[Record excerpts]
===
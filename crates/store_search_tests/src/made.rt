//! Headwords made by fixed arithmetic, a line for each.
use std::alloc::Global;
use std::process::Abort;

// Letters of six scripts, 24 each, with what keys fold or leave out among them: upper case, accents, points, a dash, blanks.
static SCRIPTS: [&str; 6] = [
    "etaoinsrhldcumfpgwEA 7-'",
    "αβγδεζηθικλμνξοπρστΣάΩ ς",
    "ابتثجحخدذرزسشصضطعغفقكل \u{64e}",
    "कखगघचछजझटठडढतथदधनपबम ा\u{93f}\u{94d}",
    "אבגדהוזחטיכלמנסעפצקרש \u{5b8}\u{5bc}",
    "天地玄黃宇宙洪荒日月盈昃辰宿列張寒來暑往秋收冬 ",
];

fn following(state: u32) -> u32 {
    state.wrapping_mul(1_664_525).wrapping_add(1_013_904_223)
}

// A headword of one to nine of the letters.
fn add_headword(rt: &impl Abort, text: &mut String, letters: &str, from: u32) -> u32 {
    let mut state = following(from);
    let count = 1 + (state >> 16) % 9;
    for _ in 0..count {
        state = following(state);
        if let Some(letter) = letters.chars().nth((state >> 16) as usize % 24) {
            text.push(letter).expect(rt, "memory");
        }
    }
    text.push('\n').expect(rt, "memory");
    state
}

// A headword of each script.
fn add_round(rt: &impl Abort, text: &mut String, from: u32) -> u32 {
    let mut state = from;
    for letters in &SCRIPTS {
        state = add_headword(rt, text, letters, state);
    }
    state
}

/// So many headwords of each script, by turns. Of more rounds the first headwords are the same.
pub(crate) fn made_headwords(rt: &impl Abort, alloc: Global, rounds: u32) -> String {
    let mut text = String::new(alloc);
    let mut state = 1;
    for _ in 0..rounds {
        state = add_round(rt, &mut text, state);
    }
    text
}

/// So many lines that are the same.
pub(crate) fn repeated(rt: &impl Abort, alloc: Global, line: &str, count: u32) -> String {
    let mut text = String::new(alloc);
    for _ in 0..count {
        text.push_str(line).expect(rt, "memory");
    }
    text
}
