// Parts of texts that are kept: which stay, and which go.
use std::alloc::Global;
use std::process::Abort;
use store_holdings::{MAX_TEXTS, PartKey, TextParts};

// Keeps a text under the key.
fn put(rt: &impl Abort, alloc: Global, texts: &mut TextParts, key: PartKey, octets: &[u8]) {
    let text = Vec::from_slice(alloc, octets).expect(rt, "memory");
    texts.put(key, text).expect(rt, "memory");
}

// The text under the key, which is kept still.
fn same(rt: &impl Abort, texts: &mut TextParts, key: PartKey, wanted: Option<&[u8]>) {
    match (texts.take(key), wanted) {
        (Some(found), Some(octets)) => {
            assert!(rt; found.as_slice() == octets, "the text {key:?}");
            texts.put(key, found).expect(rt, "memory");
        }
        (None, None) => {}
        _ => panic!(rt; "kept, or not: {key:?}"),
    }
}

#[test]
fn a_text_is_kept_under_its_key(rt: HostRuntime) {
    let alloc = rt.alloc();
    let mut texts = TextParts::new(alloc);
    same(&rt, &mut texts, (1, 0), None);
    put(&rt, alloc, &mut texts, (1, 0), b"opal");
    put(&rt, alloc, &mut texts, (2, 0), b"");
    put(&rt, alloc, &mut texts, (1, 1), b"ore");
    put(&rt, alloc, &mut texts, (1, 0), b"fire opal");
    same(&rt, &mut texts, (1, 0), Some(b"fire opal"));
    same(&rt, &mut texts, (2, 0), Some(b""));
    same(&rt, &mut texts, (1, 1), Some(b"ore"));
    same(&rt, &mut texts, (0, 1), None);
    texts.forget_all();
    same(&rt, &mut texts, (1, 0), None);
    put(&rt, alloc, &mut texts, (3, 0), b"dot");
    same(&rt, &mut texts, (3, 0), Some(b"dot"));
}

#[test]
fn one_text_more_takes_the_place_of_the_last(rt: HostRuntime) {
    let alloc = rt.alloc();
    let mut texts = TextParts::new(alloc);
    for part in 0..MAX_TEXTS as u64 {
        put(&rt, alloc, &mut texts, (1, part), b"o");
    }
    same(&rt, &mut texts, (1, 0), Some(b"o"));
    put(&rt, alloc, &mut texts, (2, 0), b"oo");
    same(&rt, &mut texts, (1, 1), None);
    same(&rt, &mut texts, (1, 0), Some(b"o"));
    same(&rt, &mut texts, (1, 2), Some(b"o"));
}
===
[Requirement] Taking care to match every character, output all of the entries above.

[Response area]
filename crates/store_search_tests/src/made.rt
//! Headwords made by fixed arithmetic, a line for each.
use std::alloc::Global;
use std::process::Abort;

// Letters of six scripts, 24 each, with what keys fold or leave out among them: upper case, accents, points, a dash, blanks.
static SCRIPTS: [&str; 6] = [
    "etaoinsrhldcumfpgwEA 7-'",
    "αβγδεζηθικλμνξοπρστΣάΩ ς",
    "ابتثجحخدذرزسشصضطعغفقكل \u{64e}",
    "कखगघचछजझटठडढतथदधनपबम ा\u{93f}\u{94d}",
    "אבגדהוזחטיכלמנסעפצקרש \u{5b8}\u{5bc}",
    "天地玄黃宇宙洪荒日月盈昃辰宿列張寒來暑往秋收冬 ",
];

fn following(state: u32) -> u32 {
    state.wrapping_mul(1_664_525).wrapping_add(1_013_904_223)
}

// A headword of one to nine of the letters.
fn add_headword(rt: &impl Abort, text: &mut String, letters: &str, from: u32) -> u32 {
    let mut state = following(from);
    let count = 1 + (state >> 16) % 9;
    for _ in 0..count {
        state = following(state);
        if let Some(letter) = letters.chars().nth((state >> 16) as usize % 24) {
            text.push(letter).expect(rt, "memory");
        }
    }
    text.push('\n').expect(rt, "memory");
    state
}

// A headword of each script.
fn add_round(rt: &impl Abort, text: &mut String, from: u32) -> u32 {
    let mut state = from;
    for letters in &SCRIPTS {
        state = add_headword(rt, text, letters, state);
    }
    state
}

/// So many headwords of each script, by turns. Of more rounds the first headwords are the same.
pub(crate) fn made_headwords(rt: &impl Abort, alloc: Global, rounds: u32) -> String {
    let mut text = String::new(alloc);
    let mut state = 1;
    for _ in 0..rounds {
        state = add_round(rt, &mut text, state);
    }
    text
}

/// So many lines that are the same.
pub(crate) fn repeated(rt: &impl Abort, alloc: Global, line: &str, count: u32) -> String {
    let mut text = String::new(alloc);
    for _ in 0..count {
        text.push_str(line).expect(rt, "memory");
    }
    text
}
// Parts of texts that are kept: which stay, and which go.
use std::alloc::Global;
use std::process::Abort;
use store_holdings::{MAX_TEXTS, PartKey, TextParts};

// Keeps a text under the key.
fn put(rt: &impl Abort, alloc: Global, texts: &mut TextParts, key: PartKey, octets: &[u8]) {
    let text = Vec::from_slice(alloc, octets).expect(rt, "memory");
    texts.put(key, text).expect(rt, "memory");
}

// The text under the key, which is kept still.
fn same(rt: &impl Abort, texts: &mut TextParts, key: PartKey, wanted: Option<&[u8]>) {
    match (texts.take(key), wanted) {
        (Some(found), Some(octets)) => {
            assert!(rt; found.as_slice() == octets, "the text {key:?}");
            texts.put(key, found).expect(rt, "memory");
        }
        (None, None) => {}
        _ => panic!(rt; "kept, or not: {key:?}"),
    }
}

#[test]
fn a_text_is_kept_under_its_key(rt: HostRuntime) {
    let alloc = rt.alloc();
    let mut texts = TextParts::new(alloc);
    same(&rt, &mut texts, (1, 0), None);
    put(&rt, alloc, &mut texts, (1, 0), b"opal");
    put(&rt, alloc, &mut texts, (2, 0), b"");
    put(&rt, alloc, &mut texts, (1, 1), b"ore");
    put(&rt, alloc, &mut texts, (1, 0), b"fire opal");
    same(&rt, &mut texts, (1, 0), Some(b"fire opal"));
    same(&rt, &mut texts, (2, 0), Some(b""));
    same(&rt, &mut texts, (1, 1), Some(b"ore"));
    same(&rt, &mut texts, (0, 1), None);
    texts.forget_all();
    same(&rt, &mut texts, (1, 0), None);
    put(&rt, alloc, &mut texts, (3, 0), b"dot");
    same(&rt, &mut texts, (3, 0), Some(b"dot"));
}

#[test]
fn one_text_more_takes_the_place_of_the_last(rt: HostRuntime) {
    let alloc = rt.alloc();
    let mut texts = TextParts::new(alloc);
    for part in 0..MAX_TEXTS as u64 {
        put(&rt, alloc, &mut texts, (1, part), b"o");
    }
    same(&rt, &mut texts, (1, 0), Some(b"o"));
    put(&rt, alloc, &mut texts, (2, 0), b"oo");
    same(&rt, &mut texts, (1, 1), None);
    same(&rt, &mut texts, (1, 0), Some(b"o"));
    same(&rt, &mut texts, (1, 2), Some(b"o"));
}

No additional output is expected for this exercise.